In other words, everything is superheroes nowadays not just because people pay to watch IP, but because writers then get to have their heroes fight imaginary supervillains instead of real-world problems, which come with ideological blowback. Did you really think there are producers willing to front $100mm to make a movie about Gaza, inflation, illegal migrants, Trump, covid, BLM, metoo, or climate change? OK, maybe Don't Look Up is a weak example, but it's still just an allegory. Make a $100mm sequel that explicitly has a team of plucky heroes go blow up the HQ of an oil major and poison those bloated cows and fat farmers in Nebraska and I'll eat my hat.

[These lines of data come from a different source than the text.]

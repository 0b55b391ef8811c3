//! Two controllers meet: each raises a flag and looks for the other's. Both see it only where they run at the same time, so one
//! thread that plays all actors doesn't get through, nor do threads that take their turns one after another.
ghost use Rattle.std.specs.Prelude.{◌≡◌, IfOk};
ghost use Rattle.journal.specs.Stables.{pair_of};
ghost use Rattle.top_call.specs.Play.{AreFresh};

use crate::serving::{PLAIN, Served, serve_by};
use cases::{Call, Difference, words_of};
use journal::{Actor, Failed, FreeGate, Gate, MemoryStable, Stable};
use of_types::Octets;
use std::alloc::{AllocError, Global};
use std::sync::Wait;
use std::sync::atomic::{AtomicU64, Ordering};
use std::thread::Threads;
use top_call::CONTROLLERS;

/// How often one looks for the other's flag.
const LOOKS: u64 = 1_000_000_000;

/// What a meeting lacks that wasn't held.
const MISSED: Difference = Difference::Row("two controllers that are there at the same time");

/// One that may come to a meeting: whether it came, and whether it saw the other.
#[derive(Drop)]
struct Guest {
    came: AtomicU64,
    saw: AtomicU64,
}

impl Guest {
    fn new() -> Guest {
        Guest {
            came: AtomicU64::new(0),
            saw: AtomicU64::new(0),
        }
    }

    /// Comes, and looks for the other.
    fn meet(&self, other: &Guest) {
        self.came.store(1, Ordering::SeqCst);
        for _ in 0..LOOKS {
            if other.came.load(Ordering::SeqCst) == 1 {
                self.saw.store(1, Ordering::SeqCst);
                return;
            }
        }
    }

    fn has_met(&self) -> bool {
        self.saw.load(Ordering::SeqCst) == 1
    }
}

/// A meeting of the first two controllers.
#[derive(Drop)]
struct Meeting {
    first: Guest,
    second: Guest,
}

impl Meeting {
    fn new() -> Meeting {
        Meeting {
            first: Guest::new(),
            second: Guest::new(),
        }
    }

    /// A controller comes to it. The others pass by.
    fn attend(&self, controller: u8) {
        match controller {
            0 => self.first.meet(&self.second),
            1 => self.second.meet(&self.first),
            _ => {}
        }
    }

    fn was_held(&self) -> bool {
        self.first.has_met() && self.second.has_met()
    }
}

/// Controllers meet at their first turn.
#[derive(Drop)]
struct MeetingGate<'a> {
    meeting: &'a Meeting,
}

impl Gate for MeetingGate<'_> {
    fn pass(&self, actor: Actor, turn: u64) {
        if let Actor::Controller(number) = actor
            && turn == 0
        {
            self.meeting.attend(number);
        }
    }
}

/// A stable pair in memory. Controllers meet in their first save.
#[derive(Drop)]
struct MeetingStable<'a> {
    stable: MemoryStable,
    controller: u8,
    has_saved: bool,
    meeting: &'a Meeting,
}

impl Stable for MeetingStable<'_> {
    ghost saving = { record { pair = λ s. pair_of s.stable; faults = λ s. s.stable.faults } };

    fn save(&mut self, promise: u64, life: u64) -> Result<(), Failed> {
        if !self.has_saved {
            self.has_saved = true;
            self.meeting.attend(self.controller);
        }
        self.stable.save(promise, life)
    }

    fn load(&self) -> (u64, u64) {
        self.stable.load()
    }
}

/// The stable pairs of the most controllers, none of whose saves fails.
fn meeting_stables<'a>(
    alloc: Global,
    meeting: &'a Meeting,
) -> Result<Vec<MeetingStable<'a>>, AllocError>
    ensures { IfOk result (λ stables. AreFresh ⟦<MeetingStable<'a> as Stable>⟧.saving stables.items) }
{
    let mut stables = Vec::new(alloc);
    'making: for controller in 0..CONTROLLERS {
        stables.push(MeetingStable {
            stable: MemoryStable::new(Vec::new(alloc)),
            controller: controller as u8,
            has_saved: false,
            meeting,
        })?;
    }
    Ok(stables)
}

/// A call that plays a scenario with a thread for each actor.
fn call_of(alloc: Global, scenario: &[u8]) -> Result<Call, AllocError> {
    Ok(Call {
        words: words_of(alloc, "run")?,
        input: Octets::from_slice(alloc, scenario)?,
        saves: Vec::new(alloc),
    })
}

/// The meeting was held, and the call came to its end.
fn check(meeting: &Meeting, served: &Served) -> Result<(), Difference> {
    if served.status != 0 {
        return Err(Difference::Status {
            found: served.status,
            wanted: 0,
        });
    }
    if meeting.was_held() {
        Ok(())
    } else {
        Err(MISSED)
    }
}

/// Plays a scenario in which the first two controllers meet at the gate, before their first turns.
pub fn meet_at_gate<R: Threads + Wait + Sync>(
    rt: &R,
    alloc: Global,
    scenario: &[u8],
) -> Result<(), Difference> {
    let meeting = Meeting::new();
    let gate = MeetingGate { meeting: &meeting };
    let call = call_of(alloc, scenario)?;
    let mut stables = top_call::stables(alloc)?;
    let served = serve_by(rt, alloc, &gate, &call, PLAIN, &mut stables)?;
    check(&meeting, &served)
}

/// Plays a scenario in which the first two controllers meet in their first saves, so in the midst of their turns.
pub fn meet_in_saves<R: Threads + Wait + Sync>(
    rt: &R,
    alloc: Global,
    scenario: &[u8],
) -> Result<(), Difference> {
    let meeting = Meeting::new();
    let call = call_of(alloc, scenario)?;
    let mut stables = meeting_stables(alloc, &meeting)?;
    let served = serve_by(rt, alloc, &FreeGate, &call, PLAIN, &mut stables)?;
    check(&meeting, &served)
}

Even if movies are primarily entertainment, I think most people derive significant utility from the belief that they can learn from them. It's nifty to be exposed to military jargon and special ops tactics, or detectives picking up psychological clues, or a fictional couple sorting out conflicts that can serve as a blueprint for how we navigate our own romance. Except ideological blowback has emptied this utility bucket for films that cannot risk turning off "either side" to recuperate their ridiculous budgets--sorry, you won't actually learn anything about Russia's actual red line when it comes to NATO expansion or China's red line when it comes to Taiwanese independence in Avengers 5 or Top Gun 3. And don't count on Spider-Man 4 to explore "anti-Asian hate" or school choice in NYC, or Captain America 4 to beat up the national debt. If there is ever to be a climactic scene in a new major picture where the hero kills the militants hiding behind civilian human shields, I can be absolutely certain that a) the militants won't be ambiguously underage, b) the civilian won't be portrayed as possibly supportive of the militant cause, c) the hero will have her (or their) cake and eat it too, and manages to defeat the baddies without accepting any collateral damage, because movie writers don't ever humor trolley problems.
As I noted at the start, don't hate the player, hate the game. No movie writer will be able to sell a script depicting a truly realistically powerful antagonist who's not a fanatical space Nazi because the culture war has made it impossible for moviegoers to be actually terrified while watching an expensively produced drama, because anything that's ever actually kept anyone up at night--Gaza, inflation, illegal migrants, Trump, covid, BLM, metoo, or climate change--is completely commercially taboo once the budget exceeds $100mm.
Then doubt crept in. In case I'm just as full of shit, I thought, what if an eccentric billionaire gave me $100mm to shoot a movie? What's the scariest yet logically coherent and real-life-plausible premise I can think of? A quick and dirty answer--a shadowy and nominally decentralized crypto organization becomes the fourth branch of U.S. government when it methodically incentivizes low level violence/terror against ideological enemies, thus ushering in massive, visible change on the ground.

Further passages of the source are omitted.